Haha, these descriptions of Brown's writing are getting better and better. Or worse and worse, as the case may be.


----------



## kinetickyle (May 13, 2005)

Hey now, don't discount Dan Brown entirely.  He's a great source of inspiration to me.  After all, if he can write a book that becomes a national sensation in this illiterate country, so can I.


----------



## Scarlett (May 14, 2005)

While they're not my favourites by a long shot, they're interesting. Both far-fetched and sensational, but that's what makes a good action/adventure type novel I suppose.


----------



## blademasterzzz (May 16, 2005)

> He's a great source of inspiration to me. After all, if he can write a book that becomes a national sensation in this illiterate country, so can I.

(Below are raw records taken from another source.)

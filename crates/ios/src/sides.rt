ghost use Rattle.std.specs.Prelude.{◌≡◌, true, IfOk};
ghost use Rattle.acl.specs.Shapes.{side_shape};
ghost use Rattle.acl.specs.Terms.{takes_ports, ports_allowed};
ghost use Rattle.words.specs.Cursor.{rest, passed, handed};
ghost use Rattle.ios.specs.Entries.{side_of};
ghost use Rattle.ios.specs.Parsing.{host_of, wildcard_of, closed_by, addresses_of, port_of, range_of, test_of, ports_of};
ghost use Rattle.ios.specs.Shown.{ports_ok};

use crate::family::{Family, Network};
use crate::ports::SidePorts;
use crate::terms::takes;
use acl::refusal::Refusal;
use acl::side::Side;
use acl::terms::{PortTest, Protocol};
use words::part::Stop;
use words::words::Words;

const EVERYWHERE: Network = Network {
    address: 0,
    wildcard: 0xffff_ffff,
};

// The address after `host`.
fn host(words: &mut Words<'_>) -> Result<Network, Stop>
    ensures { handed result (rest words.new) ≡ host_of (rest words.old) }
{
    Ok(Network::host(words.address()?))
}

// The wildcard after an address.
fn wildcard(words: &mut Words<'_>, address: u32) -> Result<Network, Stop>
    ensures { handed result (rest words.new) ≡ wildcard_of address (rest words.old) }
{
    let wildcard = words.address()?;
    Ok(Network { address, wildcard })
}

// Whether the source of a standard line ends here: with the line, or before `log`.
fn closed(words: &Words<'_>) -> bool
    ensures { result ≡ closed_by (rest words.now).words }
{
    words.peek().is_none_or(|word| word.is(b"log"))
}

// The addresses of a side: `any`, `host A` or `A W`. In a standard line, A alone means host A.
pub(crate) fn addresses(words: &mut Words<'_>, family: Family) -> Result<Network, Stop>
    ensures { handed result (rest words.new) ≡ addresses_of family (rest words.old) }
{
    if takes(words, b"any") {
        return Ok(EVERYWHERE);
    }
    if takes(words, b"host") {
        return host(words);
    }
    let address = words.address()?;
    match family {
        Family::Standard if closed(words) => Ok(Network::host(address)),
        _ => wildcard(words, address),
    }
}

// The port after a keyword.
fn port(words: &mut Words<'_>) -> Result<u16, Stop>
    ensures { handed result (rest words.new) ≡ port_of (passed (rest words.old)) }
{
    words.pass();
    words.number(0, u16::MAX)
}

// The two ports after `range`, of which the first may not be above the second.
fn range(words: &mut Words<'_>) -> Result<SidePorts, Stop>
    ensures { handed (ports_ok result) (rest words.new) ≡ range_of (passed (rest words.old)) }
{
    let first = port(words)?;
    let column = words.place();
    let last = words.number(0, u16::MAX)?;
    if first > last {
        return Err(Stop {
            refusal: Refusal::BackwardRange,
            column,
        });
    }
    Ok(SidePorts {
        test: PortTest::Range(first, last),
    })
}

// A port test, or nothing.
fn test(words: &mut Words<'_>) -> Result<SidePorts, Stop>
    ensures { handed (ports_ok result) (rest words.new) ≡ test_of (rest words.old) }
{
    match words.peek() {
        Some(word) if word.is(b"eq") => Ok(SidePorts {
            test: PortTest::Eq(port(words)?),
        }),
        Some(word) if word.is(b"neq") => Ok(SidePorts {
            test: PortTest::Neq(port(words)?),
        }),
        Some(word) if word.is(b"lt") => Ok(SidePorts {
            test: PortTest::Lt(port(words)?),
        }),
        Some(word) if word.is(b"gt") => Ok(SidePorts {
            test: PortTest::Gt(port(words)?),
        }),
        Some(word) if word.is(b"range") => range(words),
        _ => Ok(SidePorts::ANY),
    }
}

fn takes_ports(protocol: Protocol) -> bool
    ensures { result ≡ takes_ports protocol }
{
    matches!(protocol, Protocol::Number(6 | 17))
}

// The port test of a side, which only TCP and UDP take.
pub(crate) fn ports(words: &mut Words<'_>, protocol: Protocol) -> Result<SidePorts, Stop>
    ensures value { handed (ports_ok result) (rest words.new) ≡ ports_of protocol (rest words.old) }
    ensures allowed { IfOk result (λ p. ports_allowed protocol p.test ≡ true) }
{
    if !takes_ports(protocol) {
        return Ok(SidePorts::ANY);
    }
    test(words)
}

// A side of a line, with the address bits under the wildcard cleared.
pub(crate) fn side(network: Network, ports: SidePorts) -> Side
    ensures { side_shape result ≡ side_of network ports.test }
{
    let Network { address, wildcard } = network;
    Side {
        address: address & !wildcard,
        wildcard,
        ports: ports.test,
    }
}
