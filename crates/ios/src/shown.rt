ghost use Rattle.std.specs.Prelude.{Some};
ghost use Rattle.ios.specs.Faults.{fault_text};

use crate::outcome::Fault;
use std::fmt;

impl fmt::Display for Fault {
    ghost output = { λ f. Some (fault_text f) };

    fn fmt<W: fmt::Write>(&self, f: &mut fmt::Formatter<W>) -> fmt::Result {
        let number = self.refusal.number();
        let line = self.line;
        let column = self.column;
        write!(f, "refused {number} {line} {column}")
    }
}
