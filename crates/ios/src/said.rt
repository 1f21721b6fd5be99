use crate::entry::Entry;

// What a text line says: the list number that is known after it, and an entry or nothing.
#[derive(Clone, Copy)]
pub struct Said {
    pub known: Option<u16>,
    pub entry: Option<Entry>,
}
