ghost use Rattle.std.specs.Prelude.{◌≡◌};
ghost use Rattle.ios.specs.Reading.{fault_at, fault_in};

use acl::refusal::Refusal;
use words::part::Stop;

// What was read: the list's number, 0 where none stood, and how many lines.
#[derive(Clone, Copy, Debug, PartialEq, Eq)]
pub struct Reading {
    pub number: u16,
    pub count: usize,
}

// Why and where a text was refused: the text line, counted from 1, and the byte column in it,
// counted from 0; both are 0 where the text as a whole is refused.
#[derive(Clone, Copy, Debug, PartialEq, Eq)]
pub struct Fault {
    pub refusal: Refusal,
    pub line: usize,
    pub column: usize,
}

impl Fault {
    // A stop in a text line.
    pub(crate) fn at(line: usize, stop: Stop) -> Fault
        ensures { result ≡ fault_in line stop }
    {
        Fault {
            refusal: stop.refusal,
            line,
            column: stop.column,
        }
    }
}

// A text refused as a whole, at no place in it.
impl From<Refusal> for Fault {
    ghost from_gives = { λ refusal fault. fault ≡ fault_at refusal 0 0 };

    fn from(refusal: Refusal) -> Fault {
        Fault {
            refusal,
            line: 0,
            column: 0,
        }
    }
}
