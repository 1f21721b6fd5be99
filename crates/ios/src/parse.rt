ghost use Rattle.std.specs.Prelude.{◌≡◌};
ghost use Rattle.words.specs.Cursor.{rest, handed};
ghost use Rattle.ios.specs.Entries.{entry_shape, standard_entry};
ghost use Rattle.ios.specs.Parsing.{standard_of, extended_of, entry_of, body_says, list_number_of, line_says, says};
ghost use Rattle.ios.specs.Shown.{entry_ok, said_ok};

use crate::entry::Entry;
use crate::family::{Family, ListNumber, Network};
use crate::ports::SidePorts;
use crate::said::Said;
use crate::sides::{addresses, ports, side};
use crate::terms::{action, list_number, log, next_is, protocol};
use acl::refusal::Refusal;
use acl::side::Side;
use acl::terms::{Action, Protocol};
use words::part::Stop;
use words::words::Words;

// A standard line has any protocol and any destination.
fn standard_entry(action: Action, source: Network, log: bool) -> Entry
    ensures { entry_shape result ≡ standard_entry action source log }
{
    Entry {
        action,
        protocol: Protocol::Any,
        log,
        source: side(source, SidePorts::ANY),
        destination: Side::any(),
    }
}

// `source [log]` after the action of a standard line
fn standard(words: &mut Words<'_>, action: Action) -> Result<Entry, Stop>
    ensures { handed (entry_ok result) (rest words.new) ≡ standard_of action (rest words.old) }
{
    let source = addresses(words, Family::Standard)?;
    let log = log(words);
    words.end()?;
    Ok(standard_entry(action, source, log))
}

// `protocol source [ports] destination [ports] [log]` after the action of an extended line
fn extended(words: &mut Words<'_>, action: Action) -> Result<Entry, Stop>
    ensures { handed (entry_ok result) (rest words.new) ≡ extended_of action (rest words.old) }
{
    let protocol = protocol(words)?;
    let from = addresses(words, Family::Extended)?;
    let from_ports = ports(words, protocol)?;
    let to = addresses(words, Family::Extended)?;
    let to_ports = ports(words, protocol)?;
    let log = log(words);
    words.end()?;
    Ok(Entry {
        action,
        protocol,
        log,
        source: side(from, from_ports),
        destination: side(to, to_ports),
    })
}

fn entry(words: &mut Words<'_>, family: Family) -> Result<Entry, Stop>
    ensures { handed (entry_ok result) (rest words.new) ≡ entry_of family (rest words.old) }
{
    let action = action(words)?;
    match family {
        Family::Standard => standard(words, action),
        Family::Extended => extended(words, action),
    }
}

// The list number and what follows it: a remark, which says nothing, or an entry.
fn body(words: &mut Words<'_>, known: Option<u16>) -> Result<Said, Stop>
    ensures { said_ok result ≡ body_says (list_number_of known (rest words.old)) }
{
    let ListNumber { number, family } = list_number(words, known)?;
    let entry = if next_is(words, b"remark") {
        None
    } else {
        Some(entry(words, family)?)
    };
    Ok(Said {
        known: Some(number),
        entry,
    })
}

// What the words of a text line say after the list number that is known.
fn words_say(words: &mut Words<'_>, known: Option<u16>) -> Result<Said, Stop>
    ensures { said_ok result ≡ says known (rest words.old) }
{
    let word = match words.peek() {
        Some(word) if !word.opens_comment() => word,
        _ => return Ok(Said { known, entry: None }),
    };
    if !word.is(b"access-list") {
        return Err(words.stop(Refusal::BadWord));
    }
    words.pass();
    body(words, known)
}

// What a text line says after the list number that is known; it has at most 256 bytes.
pub(crate) fn line_says(line: &[u8], known: Option<u16>) -> Result<Said, Stop>
    ensures { said_ok result ≡ line_says known line.now }
{
    if line.len() > 256 {
        return Err(Stop {
            refusal: Refusal::TooLong,
            column: 256,
        });
    }
    let mut words = Words::new(line);
    words_say(&mut words, known)
}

Paolini is the same for me. If he can make a rip-off off LoTR and sell a million copies...


----------



## XandrilZaax (May 16, 2005)

blademasterzzz said:
			
		

> > He's a great source of inspiration to me. After all, if he can write a book that becomes a national sensation in this illiterate country, so can I.
> 
> 
> 
> ...



Isnt that the truth. I suppose the inspiration is a good thing, provided those who are inspired turn out better stuff than those who inspired them. The last thing we need is another writer with a Christopher Paolini-esque writing style... :roll:


----------